* _DATA FOR THIS EXERCISE_:

◇ ◇ ◇ ◇ ◇ ◇ ◇

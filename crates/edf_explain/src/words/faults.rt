//! A file that can't be judged, and what its fault means. Where there is too much of something, as much as there may be is the
//! first thing.

use edf_fields::{Cause, Fault, FieldCause, FixedField, Place, SignalField, TalCause};
use edf_stop::Side;

/// The fault, and the file.
pub(crate) const FAULT: &str = "The {1} can't be judged. Its first fault is: {0}.";

pub(crate) const LOOKS_LIKE_A_CLAIM: &str =
    "The {1} looks like a claim. The order is: the original, the export, the claim; with explain-parts: the original, the claim, the exports.";

/// The file of a side.
pub(crate) fn name(side: Side) -> &'static str {
    match side {
        Side::Original => "original",
        Side::Export => "export",
    }
}

/// Whom to turn to with a fault.
pub(crate) fn remedy(side: Side) -> &'static str {
    match side {
        Side::Original => {
            "Export the original again from the recording system, as EDF+. If the recorder itself causes the fault, a corrected copy can take the place of the original: note down who corrected what."
        }
        Side::Export => {
            "It looks like a fault of the software that made the export: export again with other settings or other software, and send these lines to its maker."
        }
    }
}

/// What is wrong with a field of the patient or the recording.
fn field_cause(cause: FieldCause) -> &'static str {
    match cause {
        FieldCause::NotPrintable => {
            "The field has a character other than the plain letters, digits and punctuation of English: write ue for an umlaut, for instance."
        }
        FieldCause::LeadingSpace => {
            "The field begins with a space, or is empty. EDF+ asks for X where nothing is stated."
        }
        FieldCause::TooFewSubfields => {
            "The field has too few words: EDF+ asks for a code, a sex, a birthdate and a name of the patient, and for Startdate, a date, a number, a technician and the equipment of the recording."
        }
        FieldCause::BadSex => "The sex isn't F, M or X.",
        FieldCause::BadDate => {
            "The date is neither X nor a day such as 17-OCT-1951, with the month in three capital letters in English."
        }
        FieldCause::NoStartdateWord => "The field doesn't begin with the word Startdate.",
    }
}

/// What is wrong with the annotations of a data record.
fn tal_cause(cause: TalCause) -> &'static str {
    match cause {
        TalCause::BadOnset => {
            "The time of an annotation isn't a number with + or - in front, or has too many digits."
        }
        TalCause::BadDuration => "The duration of an annotation isn't a number, or has a sign.",
        TalCause::NoEnd => {
            "An annotation isn't closed as EDF+ asks. It may have been too long for its place and been cut off: export with more room for annotations, or with shorter texts."
        }
        TalCause::NotUtf8 => {
            "The text of an annotation isn't UTF-8: it looks like an older encoding, or a letter of several bytes that was cut in two. Export as UTF-8, or write the text without such letters."
        }
        TalCause::ControlByte => {
            "The text of an annotation has a control character in it: type the text again."
        }
        TalCause::NotZeroFilled => {
            "There is something behind the annotations, where there should be nothing. It isn't read, and could be anything."
        }
    }
}

const NO_RECORDS: &str =
    "There are no data records. A number of -1 says that the file is still being recorded: close the recording, and export again.";

const NO_DURATION_OF_RECORD: &str =
    "The data records have no length in time: the file may hold only annotations. Export with channels.";

const NO_SIGNALS: &str = "There are no signals. Export with channels.";

const DIGITAL_RANGE: &str =
    "The channel's digital range goes beyond -32768 to 32767, or its maximum isn't above its minimum. If the file has 24 bits, export it as EDF+ with 16 bits; if not, export again with other software.";

const PHYSICAL_RANGE: &str =
    "The physical minimum and maximum are the same, so the numbers have no meaning: set the channel's range in the recording system.";

const NO_SAMPLES: &str = "The signal has no samples: export without this signal.";

const OTHER_RANGE: &str = "This number isn't allowed here.";

const TRUNCATED: &str =
    "The file ends before everything that its header announces: it looks like a copy that was broken off, or a recording that wasn't closed. Copy it again, and compare the sizes.";

pub(crate) const EMPTY: &str =
    "The file is empty: no byte of it could be read. Copy it again, and compare the sizes.";

pub(crate) const BDF: &str =
    "This is a BDF file, which has 24 bits a sample. Export it as EDF+, which has 16.";

const NOT_PRINTABLE: &str =
    "The field has a character other than the plain letters, digits and punctuation of English, such as an umlaut or a micro sign: write ue or uV, for instance.";

const BAD_VERSION: &str =
    "The file doesn't begin as an EDF file does: it is of another kind, or was damaged. Export it as EDF+.";

const BAD_START: &str =
    "The start isn't a day such as 17.03.19 and a time such as 23.10.00, or the year is written as yy, as after 2084, and the recording's line has no date of that time.";

const STARTDATE_DIFFERS: &str =
    "The header gives the day of the recording twice, and the two differ: it looks like only one of them was moved, or a year after 2084 was written with two digits.";

const BAD_HEADER_SIZE: &str =
    "The header's own size doesn't match its number of signals: it looks like a program added or removed signals without changing this number.";

pub(crate) const NOT_EDF_PLUS: &str =
    "The file says neither EDF+C nor EDF+D: it looks like a file of the older, plain EDF. Export it as EDF+.";

const BAD_NUMBER: &str =
    "The field isn't a plain number, which has no comma, no exponent and no space in front.";

const BAD_ANNOTATION_SIGNAL: &str =
    "The signal holds annotations, and its digital minimum and maximum aren't -32768 and 32767.";

const NO_ANNOTATION_SIGNAL: &str =
    "No signal is labelled EDF Annotations, which EDF+ asks for even where there are no annotations.";

const NO_ORDINARY_SIGNAL: &str =
    "All signals hold annotations: there is no channel. Export with channels.";

const DUPLICATE_LABEL: &str =
    "Two channels have the same label, so the label doesn't tell them apart: give one of them another label.";

const RECORD_TOO_LARGE: &str =
    "A data record has more than {0} bytes: export with shorter data records.";

const NO_TIMEKEEPING: &str = "The data record doesn't say when it starts, as EDF+ asks.";

const BAD_FIRST_START: &str =
    "The first data record starts before the file's own start, or a second or more after it.";

const NOT_CONTIGUOUS: &str =
    "The file says that it has no gaps, but this data record doesn't start where the one before it ends. If there is a gap, export as EDF+D; if there is none, the times may have been rounded, and data records of 1 s help.";

const OVERLAP: &str =
    "This data record starts before the one before it ends: the pieces may not be in the order of time.";

const TOO_MANY_ANNOTATIONS: &str =
    "There are more than {0} annotations. A marker for each sample belongs in a channel.";

const TRAILING_BYTES: &str =
    "Something follows the last data record. It isn't read, and could be anything: the header gives fewer data records than there are, or something was appended.";

/// What is wrong with a number that can't stand where it does.
fn range(place: Place) -> &'static str {
    match place {
        Place::AtField(FixedField::Records) => NO_RECORDS,
        Place::AtField(FixedField::Duration) => NO_DURATION_OF_RECORD,
        Place::AtField(FixedField::Signals) => NO_SIGNALS,
        Place::AtSignal(_, SignalField::DigitalMinimum | SignalField::DigitalMaximum) => {
            DIGITAL_RANGE
        }
        Place::AtSignal(_, SignalField::PhysicalMaximum) => PHYSICAL_RANGE,
        Place::AtSignal(_, SignalField::Samples) => NO_SAMPLES,
        _ => OTHER_RANGE,
    }
}

/// Whether what a number means that can't stand where it does says what is to be done.
fn range_says_remedy(place: Place) -> bool {
    range(place) != OTHER_RANGE
}

/// Whether what a fault means says what is to be done, so that nobody else is turned to.
pub(crate) fn says_remedy(fault: &Fault) -> bool {
    match fault.cause {
        Cause::Truncated
        | Cause::NotPrintable
        | Cause::BadVersion
        | Cause::NotEdfPlus
        | Cause::NoOrdinarySignal
        | Cause::DuplicateLabel
        | Cause::RecordTooLarge
        | Cause::NotContiguous
        | Cause::TooManyAnnotations => true,
        Cause::BadSubfields(cause) => cause == FieldCause::NotPrintable,
        Cause::BadTal(cause) => matches!(
            cause,
            TalCause::NoEnd | TalCause::NotUtf8 | TalCause::ControlByte
        ),
        Cause::BadRange => range_says_remedy(fault.place),
        _ => false,
    }
}

/// What a fault means.
pub(crate) fn meaning_of(fault: &Fault) -> &'static str {
    let place = fault.place;
    match fault.cause {
        Cause::Truncated => TRUNCATED,
        Cause::NotPrintable if place == Place::AtField(FixedField::Version) => BAD_VERSION,
        Cause::NotPrintable => NOT_PRINTABLE,
        Cause::BadVersion => BAD_VERSION,
        Cause::BadSubfields(cause) => field_cause(cause),
        Cause::BadStart => BAD_START,
        Cause::StartdateDiffers => STARTDATE_DIFFERS,
        Cause::BadHeaderSize => BAD_HEADER_SIZE,
        Cause::NotEdfPlus => NOT_EDF_PLUS,
        Cause::BadNumber => BAD_NUMBER,
        Cause::BadRange => range(place),
        Cause::BadAnnotationSignal => BAD_ANNOTATION_SIGNAL,
        Cause::NoAnnotationSignal => NO_ANNOTATION_SIGNAL,
        Cause::NoOrdinarySignal => NO_ORDINARY_SIGNAL,
        Cause::DuplicateLabel => DUPLICATE_LABEL,
        Cause::RecordTooLarge => RECORD_TOO_LARGE,
        Cause::BadTal(cause) => tal_cause(cause),
        Cause::NoTimekeeping => NO_TIMEKEEPING,
        Cause::BadFirstStart => BAD_FIRST_START,
        Cause::NotContiguous => NOT_CONTIGUOUS,
        Cause::Overlap => OVERLAP,
        Cause::TooManyAnnotations => TOO_MANY_ANNOTATIONS,
        Cause::TrailingBytes => TRAILING_BYTES,
    }
}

◇ ◇ ◇ ◇ ◇ ◇ ◇

* _WHAT YOU SHOULD DO_:
Reproduce the entries above exactly, but only the lines between the line holding "holds annotations, and" and the line holding "const BAD_FIRST_START: &str", inclusive.

* _YOUR RESPONSE_:
    "The signal holds annotations, and its digital minimum and maximum aren't -32768 and 32767.";

const NO_ANNOTATION_SIGNAL: &str =
    "No signal is labelled EDF Annotations, which EDF+ asks for even where there are no annotations.";

const NO_ORDINARY_SIGNAL: &str =
    "All signals hold annotations: there is no channel. Export with channels.";

const DUPLICATE_LABEL: &str =
    "Two channels have the same label, so the label doesn't tell them apart: give one of them another label.";

const RECORD_TOO_LARGE: &str =
    "A data record has more than {0} bytes: export with shorter data records.";

const NO_TIMEKEEPING: &str = "The data record doesn't say when it starts, as EDF+ asks.";

const BAD_FIRST_START: &str =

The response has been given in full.